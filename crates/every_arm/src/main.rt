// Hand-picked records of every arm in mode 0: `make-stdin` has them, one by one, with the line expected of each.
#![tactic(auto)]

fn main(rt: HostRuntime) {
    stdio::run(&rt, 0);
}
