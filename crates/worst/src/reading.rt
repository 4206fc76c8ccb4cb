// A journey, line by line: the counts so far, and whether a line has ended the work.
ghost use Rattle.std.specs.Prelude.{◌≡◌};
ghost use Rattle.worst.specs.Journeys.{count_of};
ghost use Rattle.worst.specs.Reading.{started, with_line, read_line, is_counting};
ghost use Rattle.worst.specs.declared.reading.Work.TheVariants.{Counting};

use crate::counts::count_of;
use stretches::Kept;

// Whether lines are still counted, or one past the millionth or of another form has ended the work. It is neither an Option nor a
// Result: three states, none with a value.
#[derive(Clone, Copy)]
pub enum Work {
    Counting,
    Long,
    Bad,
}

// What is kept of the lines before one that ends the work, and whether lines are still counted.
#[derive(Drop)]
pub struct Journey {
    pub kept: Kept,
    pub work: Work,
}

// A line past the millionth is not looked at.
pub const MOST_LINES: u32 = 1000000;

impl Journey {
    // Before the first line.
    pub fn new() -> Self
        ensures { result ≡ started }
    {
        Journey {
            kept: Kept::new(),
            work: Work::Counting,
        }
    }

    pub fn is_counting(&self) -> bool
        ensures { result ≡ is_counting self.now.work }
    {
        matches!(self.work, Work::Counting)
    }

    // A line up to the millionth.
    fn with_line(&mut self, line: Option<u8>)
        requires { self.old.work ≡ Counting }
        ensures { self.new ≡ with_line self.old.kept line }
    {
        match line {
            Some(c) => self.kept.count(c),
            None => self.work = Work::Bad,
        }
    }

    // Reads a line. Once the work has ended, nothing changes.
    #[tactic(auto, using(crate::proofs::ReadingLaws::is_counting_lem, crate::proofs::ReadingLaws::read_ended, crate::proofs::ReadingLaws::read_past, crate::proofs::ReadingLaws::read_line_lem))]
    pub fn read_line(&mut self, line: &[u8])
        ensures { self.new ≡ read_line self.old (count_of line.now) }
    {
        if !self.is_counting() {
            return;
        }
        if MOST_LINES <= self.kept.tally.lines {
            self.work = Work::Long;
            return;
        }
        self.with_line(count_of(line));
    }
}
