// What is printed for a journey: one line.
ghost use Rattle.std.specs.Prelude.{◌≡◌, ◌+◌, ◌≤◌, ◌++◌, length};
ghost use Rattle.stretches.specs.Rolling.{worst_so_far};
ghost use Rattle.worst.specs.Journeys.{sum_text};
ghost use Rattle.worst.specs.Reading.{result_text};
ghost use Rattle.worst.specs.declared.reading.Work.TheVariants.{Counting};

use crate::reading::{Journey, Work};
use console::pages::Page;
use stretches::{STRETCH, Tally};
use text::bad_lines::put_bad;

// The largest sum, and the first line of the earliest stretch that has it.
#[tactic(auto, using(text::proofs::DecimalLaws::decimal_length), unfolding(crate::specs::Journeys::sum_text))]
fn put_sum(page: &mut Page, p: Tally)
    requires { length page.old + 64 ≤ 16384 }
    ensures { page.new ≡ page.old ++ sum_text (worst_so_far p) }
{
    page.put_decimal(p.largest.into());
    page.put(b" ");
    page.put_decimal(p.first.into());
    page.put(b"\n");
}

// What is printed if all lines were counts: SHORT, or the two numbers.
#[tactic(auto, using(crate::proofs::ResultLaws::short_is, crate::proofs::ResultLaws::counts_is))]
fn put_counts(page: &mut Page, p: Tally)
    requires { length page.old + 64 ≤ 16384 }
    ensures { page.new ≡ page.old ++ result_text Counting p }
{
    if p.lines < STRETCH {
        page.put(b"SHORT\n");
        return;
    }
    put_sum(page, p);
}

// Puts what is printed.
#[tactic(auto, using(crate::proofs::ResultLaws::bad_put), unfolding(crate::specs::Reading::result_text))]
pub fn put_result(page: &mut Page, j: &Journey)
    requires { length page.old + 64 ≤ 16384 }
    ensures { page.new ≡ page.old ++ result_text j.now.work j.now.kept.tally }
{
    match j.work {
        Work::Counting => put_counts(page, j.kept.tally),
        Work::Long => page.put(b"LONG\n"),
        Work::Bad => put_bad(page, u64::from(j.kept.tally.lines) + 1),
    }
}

-------------------------

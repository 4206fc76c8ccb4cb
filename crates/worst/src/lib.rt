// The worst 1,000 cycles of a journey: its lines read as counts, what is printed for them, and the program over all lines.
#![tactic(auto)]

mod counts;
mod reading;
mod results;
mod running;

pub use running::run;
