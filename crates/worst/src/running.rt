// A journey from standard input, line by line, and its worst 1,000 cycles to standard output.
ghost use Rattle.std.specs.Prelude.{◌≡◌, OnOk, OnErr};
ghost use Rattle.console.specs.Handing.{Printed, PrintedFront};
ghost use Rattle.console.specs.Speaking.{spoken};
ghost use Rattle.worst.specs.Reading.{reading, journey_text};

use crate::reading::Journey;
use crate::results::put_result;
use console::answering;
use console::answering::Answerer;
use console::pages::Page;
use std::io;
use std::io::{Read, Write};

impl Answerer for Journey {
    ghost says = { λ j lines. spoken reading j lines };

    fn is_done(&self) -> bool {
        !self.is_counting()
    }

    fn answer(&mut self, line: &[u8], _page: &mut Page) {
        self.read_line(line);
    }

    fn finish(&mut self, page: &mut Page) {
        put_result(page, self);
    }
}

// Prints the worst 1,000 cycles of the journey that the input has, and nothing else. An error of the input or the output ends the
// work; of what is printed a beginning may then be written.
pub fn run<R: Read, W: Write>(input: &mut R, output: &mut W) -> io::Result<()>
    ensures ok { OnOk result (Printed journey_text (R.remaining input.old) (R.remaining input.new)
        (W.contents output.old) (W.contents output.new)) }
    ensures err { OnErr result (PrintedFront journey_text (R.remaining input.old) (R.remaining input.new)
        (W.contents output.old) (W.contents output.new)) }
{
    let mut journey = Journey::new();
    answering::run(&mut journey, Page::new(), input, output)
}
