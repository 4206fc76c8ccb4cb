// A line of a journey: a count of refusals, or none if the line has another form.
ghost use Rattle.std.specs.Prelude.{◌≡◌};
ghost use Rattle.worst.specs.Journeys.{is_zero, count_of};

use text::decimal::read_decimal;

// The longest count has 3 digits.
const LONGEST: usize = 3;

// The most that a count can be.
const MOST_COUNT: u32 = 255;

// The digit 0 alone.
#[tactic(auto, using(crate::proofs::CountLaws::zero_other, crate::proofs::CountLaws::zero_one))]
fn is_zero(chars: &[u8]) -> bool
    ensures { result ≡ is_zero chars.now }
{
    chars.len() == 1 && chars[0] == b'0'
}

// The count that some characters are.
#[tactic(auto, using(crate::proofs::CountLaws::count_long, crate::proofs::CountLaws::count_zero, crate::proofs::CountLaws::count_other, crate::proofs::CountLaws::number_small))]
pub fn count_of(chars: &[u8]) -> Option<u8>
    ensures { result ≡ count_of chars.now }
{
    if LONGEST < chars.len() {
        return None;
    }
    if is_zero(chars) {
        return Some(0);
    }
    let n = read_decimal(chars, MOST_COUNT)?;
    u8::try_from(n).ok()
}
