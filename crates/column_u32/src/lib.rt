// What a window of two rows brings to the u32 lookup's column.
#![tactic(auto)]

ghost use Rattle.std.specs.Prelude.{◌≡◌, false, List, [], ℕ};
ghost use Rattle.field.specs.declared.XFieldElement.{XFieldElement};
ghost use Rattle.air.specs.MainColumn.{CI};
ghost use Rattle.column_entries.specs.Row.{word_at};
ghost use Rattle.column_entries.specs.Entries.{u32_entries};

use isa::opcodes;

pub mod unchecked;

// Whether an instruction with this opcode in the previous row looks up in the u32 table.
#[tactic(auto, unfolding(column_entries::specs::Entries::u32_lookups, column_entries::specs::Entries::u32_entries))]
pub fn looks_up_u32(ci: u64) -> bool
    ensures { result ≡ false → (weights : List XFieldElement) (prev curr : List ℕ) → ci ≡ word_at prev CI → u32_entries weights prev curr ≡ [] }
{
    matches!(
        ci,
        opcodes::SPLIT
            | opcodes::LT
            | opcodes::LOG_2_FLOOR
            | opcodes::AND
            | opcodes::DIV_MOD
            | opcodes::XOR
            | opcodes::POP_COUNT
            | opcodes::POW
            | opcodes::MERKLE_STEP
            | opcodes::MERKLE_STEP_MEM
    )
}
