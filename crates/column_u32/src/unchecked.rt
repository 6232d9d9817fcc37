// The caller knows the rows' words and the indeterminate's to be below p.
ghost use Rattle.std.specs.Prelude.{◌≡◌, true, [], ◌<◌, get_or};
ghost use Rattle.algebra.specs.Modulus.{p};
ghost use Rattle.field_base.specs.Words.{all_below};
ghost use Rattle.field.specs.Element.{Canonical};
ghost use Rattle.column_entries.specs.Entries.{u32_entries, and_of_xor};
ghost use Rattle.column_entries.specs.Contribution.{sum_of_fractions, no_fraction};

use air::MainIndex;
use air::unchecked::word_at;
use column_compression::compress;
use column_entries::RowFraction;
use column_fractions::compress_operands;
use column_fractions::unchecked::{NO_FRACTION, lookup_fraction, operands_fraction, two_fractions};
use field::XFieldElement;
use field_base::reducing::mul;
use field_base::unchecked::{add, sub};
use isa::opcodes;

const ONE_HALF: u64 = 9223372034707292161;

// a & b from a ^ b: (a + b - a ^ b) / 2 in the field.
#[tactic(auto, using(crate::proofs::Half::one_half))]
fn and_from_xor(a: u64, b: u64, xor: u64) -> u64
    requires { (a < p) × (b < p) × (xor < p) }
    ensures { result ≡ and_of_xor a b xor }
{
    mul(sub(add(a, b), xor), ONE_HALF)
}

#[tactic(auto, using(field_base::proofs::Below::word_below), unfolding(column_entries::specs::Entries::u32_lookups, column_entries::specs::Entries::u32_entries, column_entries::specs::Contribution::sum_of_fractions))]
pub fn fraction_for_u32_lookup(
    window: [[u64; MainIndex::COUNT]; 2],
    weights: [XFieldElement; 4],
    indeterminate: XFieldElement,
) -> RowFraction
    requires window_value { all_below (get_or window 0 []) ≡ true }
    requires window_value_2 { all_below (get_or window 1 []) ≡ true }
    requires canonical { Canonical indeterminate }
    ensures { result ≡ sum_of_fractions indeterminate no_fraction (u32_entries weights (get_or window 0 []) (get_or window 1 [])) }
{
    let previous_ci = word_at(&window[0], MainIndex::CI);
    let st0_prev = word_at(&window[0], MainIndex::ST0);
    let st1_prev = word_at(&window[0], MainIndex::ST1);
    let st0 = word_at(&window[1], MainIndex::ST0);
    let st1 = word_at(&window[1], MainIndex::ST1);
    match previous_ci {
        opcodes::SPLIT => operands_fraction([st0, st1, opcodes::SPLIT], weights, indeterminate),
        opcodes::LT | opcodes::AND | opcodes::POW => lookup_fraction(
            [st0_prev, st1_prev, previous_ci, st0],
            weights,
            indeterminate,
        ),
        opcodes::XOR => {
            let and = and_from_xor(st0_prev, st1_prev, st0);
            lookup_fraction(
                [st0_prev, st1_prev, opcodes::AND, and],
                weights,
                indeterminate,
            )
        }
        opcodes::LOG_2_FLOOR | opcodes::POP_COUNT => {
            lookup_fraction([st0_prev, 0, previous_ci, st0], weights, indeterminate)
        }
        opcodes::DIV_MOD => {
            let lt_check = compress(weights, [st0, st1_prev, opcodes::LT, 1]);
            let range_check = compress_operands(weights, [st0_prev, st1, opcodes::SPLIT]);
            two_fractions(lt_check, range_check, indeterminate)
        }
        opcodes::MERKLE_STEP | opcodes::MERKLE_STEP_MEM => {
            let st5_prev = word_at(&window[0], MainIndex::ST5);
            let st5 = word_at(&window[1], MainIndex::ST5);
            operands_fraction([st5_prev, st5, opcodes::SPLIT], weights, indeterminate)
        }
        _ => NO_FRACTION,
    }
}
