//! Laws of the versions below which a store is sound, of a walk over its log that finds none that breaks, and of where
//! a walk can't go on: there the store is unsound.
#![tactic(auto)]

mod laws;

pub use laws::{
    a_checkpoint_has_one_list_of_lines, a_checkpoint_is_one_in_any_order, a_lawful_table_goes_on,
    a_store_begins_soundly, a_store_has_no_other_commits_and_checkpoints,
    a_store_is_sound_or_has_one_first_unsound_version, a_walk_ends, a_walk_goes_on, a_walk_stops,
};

-------------------------

> _WORK ORDER_
In the entries above, find the lines containing the word "using" and say how many there are, with no other words.

> _SOLUTION TO THE PROBLEM_
8